= New Jersey Commission on Higher Education =

Government agency in New Jersey
The New Jersey Commission on Higher Education is a government agency in New Jersey that is responsible for providing coordination, planning, policy development, and advocacy for the state's higher education system. The Commission is also responsible for licensing of institutions and the administration of the Educational Opportunity Fund.

==History==
It was established by the Higher Education Restructuring Act of 1994.
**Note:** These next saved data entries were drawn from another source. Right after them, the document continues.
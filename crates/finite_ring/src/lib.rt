//! Finite commutative rings and fields: their theory, on which the concrete fields stand. The
//! definitions are that no two nonzero elements multiply to zero, and the inverse as a power. Proved
//! from the laws of a ring: such a finite ring is a field; the power of each nonzero element of a
//! finite field to the number of nonzero elements is one; over a field of `q` elements, a finite ring in
//! which only zero has the power `q` zero, and the power `q` fixes only constants, has no two nonzero
//! elements that multiply to zero; and the powers of the characteristic are additive.
#![tactic(auto)]

pub mod laws;
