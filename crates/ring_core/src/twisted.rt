ghost use Rattle.std.specs.Prelude.{◌≡◌, ℕ, true};
ghost use Rattle.ring_core.specs.Coeffs.{coeff, are_elems};
ghost use Rattle.ring_core.specs.Twisted.{IsTwist};

use super::field::{E, Field};

/// A ring of polynomials in a letter `x` over a field, where `x c` is what the twist makes of the
/// coefficient `c`, times `x`.
pub trait TwistedRing {
    type Over: Field;

    ghost over: { Self → Self.Over };

    /// What `i` powers of the letter make of a coefficient.
    ghost twist: { Self → Self.Over.Elem → ℕ → Self.Over.Elem };

    /// The field of the coefficients.
    fn field(&self) -> &Self::Over
        ensures { result.now ≡ over self.now };

    /// Puts in the place of each coefficient what the letter makes of it. Takes no memory.
    fn raise(&self, row: &mut [E<Self::Over>])
        requires { are_elems (Self.Over.ops (over self.now)) row.old ≡ true }
        ensures elems { are_elems (Self.Over.ops (over self.now)) row.new ≡ true }
        ensures raised { let r = Self.Over.ops (over self.now) in
            (k : ℕ) → coeff r row.new k ≡ twist self.now (coeff r row.old k) 1 };

    ghost twist_laws: { (t : Self) → IsTwist (Self.Over.ops (over t)) (twist t) };
}
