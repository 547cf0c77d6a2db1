ghost use Rattle.std.specs.Prelude.{◌≡◌, IfOk};
ghost use Rattle.ring_core.specs.Ring.{RingOps, IsElem, IsRing, IsCommutative};

use super::memory::NoMemory;
use std::alloc::Global;

/// A ring with one, whose products need not commute. Each operation gives a new element, or
/// `NoMemory` where memory is refused, and then nothing has changed.
pub trait Ring {
    type Elem: Drop;

    /// The operations, of which the contracts of the methods speak.
    ghost ops: { Self → RingOps Self.Elem };

    /// Whether `a` is an element of this ring.
    fn is_elem(&self, a: &Self::Elem) -> bool
        ensures { result ≡ (ops self.now).is_elem a.now };

    /// The neutral element of the sum.
    fn zero(&self, alloc: Global) -> Result<Self::Elem, NoMemory>
        ensures value { IfOk result (λ v. v ≡ (ops self.now).zero) }
        ensures elem { IfOk result (IsElem (ops self.now)) };

    /// The neutral element of the product.
    fn one(&self, alloc: Global) -> Result<Self::Elem, NoMemory>
        ensures value { IfOk result (λ v. v ≡ (ops self.now).one) }
        ensures elem { IfOk result (IsElem (ops self.now)) };

    /// An element equal to `a`.
    fn copy(&self, alloc: Global, a: &Self::Elem) -> Result<Self::Elem, NoMemory>
        requires { IsElem (ops self.now) a.now }
        ensures value { IfOk result (λ v. v ≡ a.now) }
        ensures elem { IfOk result (IsElem (ops self.now)) };

    /// The sum.
    fn add(&self, alloc: Global, a: &Self::Elem, b: &Self::Elem) -> Result<Self::Elem, NoMemory>
        requires left { IsElem (ops self.now) a.now }
        requires right { IsElem (ops self.now) b.now }
        ensures value { IfOk result (λ v. v ≡ (ops self.now).add a.now b.now) }
        ensures elem { IfOk result (IsElem (ops self.now)) };

    /// The negative.
    fn neg(&self, alloc: Global, a: &Self::Elem) -> Result<Self::Elem, NoMemory>
        requires { IsElem (ops self.now) a.now }
        ensures value { IfOk result (λ v. v ≡ (ops self.now).neg a.now) }
        ensures elem { IfOk result (IsElem (ops self.now)) };

    /// The product of `a` and `b`, in this order.
    fn mul(&self, alloc: Global, a: &Self::Elem, b: &Self::Elem) -> Result<Self::Elem, NoMemory>
        requires left { IsElem (ops self.now) a.now }
        requires right { IsElem (ops self.now) b.now }
        ensures value { IfOk result (λ v. v ≡ (ops self.now).mul a.now b.now) }
        ensures elem { IfOk result (IsElem (ops self.now)) };

    /// Whether the two elements are equal. Takes no memory.
    fn equal(&self, a: &Self::Elem, b: &Self::Elem) -> bool
        requires left { IsElem (ops self.now) a.now }
        requires right { IsElem (ops self.now) b.now }
        ensures { result ≡ (ops self.now).same a.now b.now };

    ghost laws: { (r : Self) → IsRing (ops r) };
}

/// A ring whose products commute.
pub trait CommRing: Ring {
    ghost commutes: { (r : Self) → IsCommutative (Self.ops r) };
}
The Commission serves as the principal advocate for an integrated system of higher education which provides a broad scope of higher education programs and services. The system includes both public and independent institutions and enrolls over 380,000 full-time and part-time credit-seeking students statewide. The 31 public colleges and universities are Rutgers, The State University of New Jersey; the University of Medicine and Dentistry of New Jersey; the New Jersey Institute of Technology; four state colleges and five state universities; and 19 county colleges. The 26 independent institutions include 14 non-profit senior colleges and universities with a public mission: Princeton University, Fairleigh Dickinson University, Seton Hall University, Stevens Institute of Technology, Rider, Georgian Court, Drew, Caldwell College, Bloomfield College, Felician, St. Peter's University, Centenary, Monmouth, and the College of St. Elizabeth, as well as two independent two-year religious colleges, eight rabbinical schools and theological seminaries, both Catholic and Protestant, and four proprietary institutions with degree-granting authority.